Exercise:
Return only the number of lines in the records below where the string "most" shows up.

Entries provided:

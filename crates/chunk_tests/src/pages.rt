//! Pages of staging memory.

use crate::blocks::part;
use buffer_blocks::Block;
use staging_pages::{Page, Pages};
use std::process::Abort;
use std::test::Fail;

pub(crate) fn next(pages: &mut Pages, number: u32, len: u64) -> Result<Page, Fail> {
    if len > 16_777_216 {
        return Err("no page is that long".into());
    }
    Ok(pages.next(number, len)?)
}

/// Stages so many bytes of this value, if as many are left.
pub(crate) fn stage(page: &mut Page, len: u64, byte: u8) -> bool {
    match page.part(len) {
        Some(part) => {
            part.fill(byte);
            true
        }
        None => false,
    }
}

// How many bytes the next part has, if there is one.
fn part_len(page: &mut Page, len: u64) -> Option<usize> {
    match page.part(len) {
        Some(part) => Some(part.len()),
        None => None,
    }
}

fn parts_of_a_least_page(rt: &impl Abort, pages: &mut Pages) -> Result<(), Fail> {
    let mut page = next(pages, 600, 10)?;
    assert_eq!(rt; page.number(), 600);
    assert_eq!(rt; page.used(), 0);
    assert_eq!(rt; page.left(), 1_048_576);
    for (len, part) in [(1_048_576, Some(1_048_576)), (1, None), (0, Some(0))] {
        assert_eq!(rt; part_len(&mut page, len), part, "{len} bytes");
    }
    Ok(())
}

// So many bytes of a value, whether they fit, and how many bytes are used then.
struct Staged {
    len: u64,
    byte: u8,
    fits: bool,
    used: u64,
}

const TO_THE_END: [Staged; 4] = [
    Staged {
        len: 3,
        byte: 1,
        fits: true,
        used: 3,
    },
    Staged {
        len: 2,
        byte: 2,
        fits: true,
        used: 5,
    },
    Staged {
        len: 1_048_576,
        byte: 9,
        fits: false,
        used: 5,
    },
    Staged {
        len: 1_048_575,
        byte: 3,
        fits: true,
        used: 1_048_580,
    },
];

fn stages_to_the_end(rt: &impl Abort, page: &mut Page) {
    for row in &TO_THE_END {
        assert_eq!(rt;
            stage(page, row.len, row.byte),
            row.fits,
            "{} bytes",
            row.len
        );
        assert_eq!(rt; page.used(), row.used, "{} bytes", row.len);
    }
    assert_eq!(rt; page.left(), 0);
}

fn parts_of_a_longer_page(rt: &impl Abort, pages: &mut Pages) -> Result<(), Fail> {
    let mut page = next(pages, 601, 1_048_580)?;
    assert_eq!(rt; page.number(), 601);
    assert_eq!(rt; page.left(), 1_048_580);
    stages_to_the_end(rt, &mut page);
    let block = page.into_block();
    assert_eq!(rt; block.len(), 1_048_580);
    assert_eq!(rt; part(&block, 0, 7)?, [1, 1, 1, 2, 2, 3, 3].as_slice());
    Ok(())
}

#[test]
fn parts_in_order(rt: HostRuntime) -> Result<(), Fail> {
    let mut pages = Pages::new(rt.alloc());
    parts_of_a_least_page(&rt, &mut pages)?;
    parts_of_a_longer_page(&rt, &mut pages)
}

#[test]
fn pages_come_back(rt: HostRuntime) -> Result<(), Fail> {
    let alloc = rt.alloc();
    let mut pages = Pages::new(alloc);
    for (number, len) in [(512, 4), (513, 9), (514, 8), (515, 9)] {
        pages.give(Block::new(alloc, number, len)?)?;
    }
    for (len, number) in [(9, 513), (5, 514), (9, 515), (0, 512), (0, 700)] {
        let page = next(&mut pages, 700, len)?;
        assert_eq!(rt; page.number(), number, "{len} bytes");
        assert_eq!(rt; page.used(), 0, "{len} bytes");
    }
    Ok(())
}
--
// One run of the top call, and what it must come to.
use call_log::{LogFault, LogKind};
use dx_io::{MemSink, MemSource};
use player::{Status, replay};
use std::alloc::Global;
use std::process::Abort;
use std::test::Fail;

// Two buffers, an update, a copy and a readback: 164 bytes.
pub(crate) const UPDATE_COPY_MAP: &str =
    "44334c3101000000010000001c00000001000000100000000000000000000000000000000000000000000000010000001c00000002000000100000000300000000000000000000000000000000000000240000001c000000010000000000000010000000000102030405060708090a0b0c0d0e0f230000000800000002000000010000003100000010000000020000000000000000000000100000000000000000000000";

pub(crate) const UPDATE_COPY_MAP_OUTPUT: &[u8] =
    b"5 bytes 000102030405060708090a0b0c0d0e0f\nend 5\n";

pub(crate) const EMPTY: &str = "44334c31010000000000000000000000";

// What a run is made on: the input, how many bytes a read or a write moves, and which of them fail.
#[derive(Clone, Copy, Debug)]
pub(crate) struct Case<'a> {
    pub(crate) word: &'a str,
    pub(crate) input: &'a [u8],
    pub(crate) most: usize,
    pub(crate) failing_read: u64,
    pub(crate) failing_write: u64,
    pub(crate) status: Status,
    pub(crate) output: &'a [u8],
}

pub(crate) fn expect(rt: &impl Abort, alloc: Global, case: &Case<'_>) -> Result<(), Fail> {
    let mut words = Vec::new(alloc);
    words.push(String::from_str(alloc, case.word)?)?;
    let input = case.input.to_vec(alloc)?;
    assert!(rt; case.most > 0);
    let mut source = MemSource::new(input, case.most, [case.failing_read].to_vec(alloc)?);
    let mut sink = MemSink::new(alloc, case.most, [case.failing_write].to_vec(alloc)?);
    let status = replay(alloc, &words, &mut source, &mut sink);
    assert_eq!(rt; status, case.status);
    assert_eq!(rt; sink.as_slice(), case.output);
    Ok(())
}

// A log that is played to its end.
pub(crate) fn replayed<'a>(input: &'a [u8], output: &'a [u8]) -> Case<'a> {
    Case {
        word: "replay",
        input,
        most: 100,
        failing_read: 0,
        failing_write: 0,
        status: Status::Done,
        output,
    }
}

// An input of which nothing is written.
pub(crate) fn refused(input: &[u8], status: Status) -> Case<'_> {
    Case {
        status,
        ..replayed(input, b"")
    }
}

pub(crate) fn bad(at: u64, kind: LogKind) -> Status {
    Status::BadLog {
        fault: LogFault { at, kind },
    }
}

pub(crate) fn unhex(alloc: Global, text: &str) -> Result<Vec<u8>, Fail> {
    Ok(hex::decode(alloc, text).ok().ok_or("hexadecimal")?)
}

Solution to the problem:
5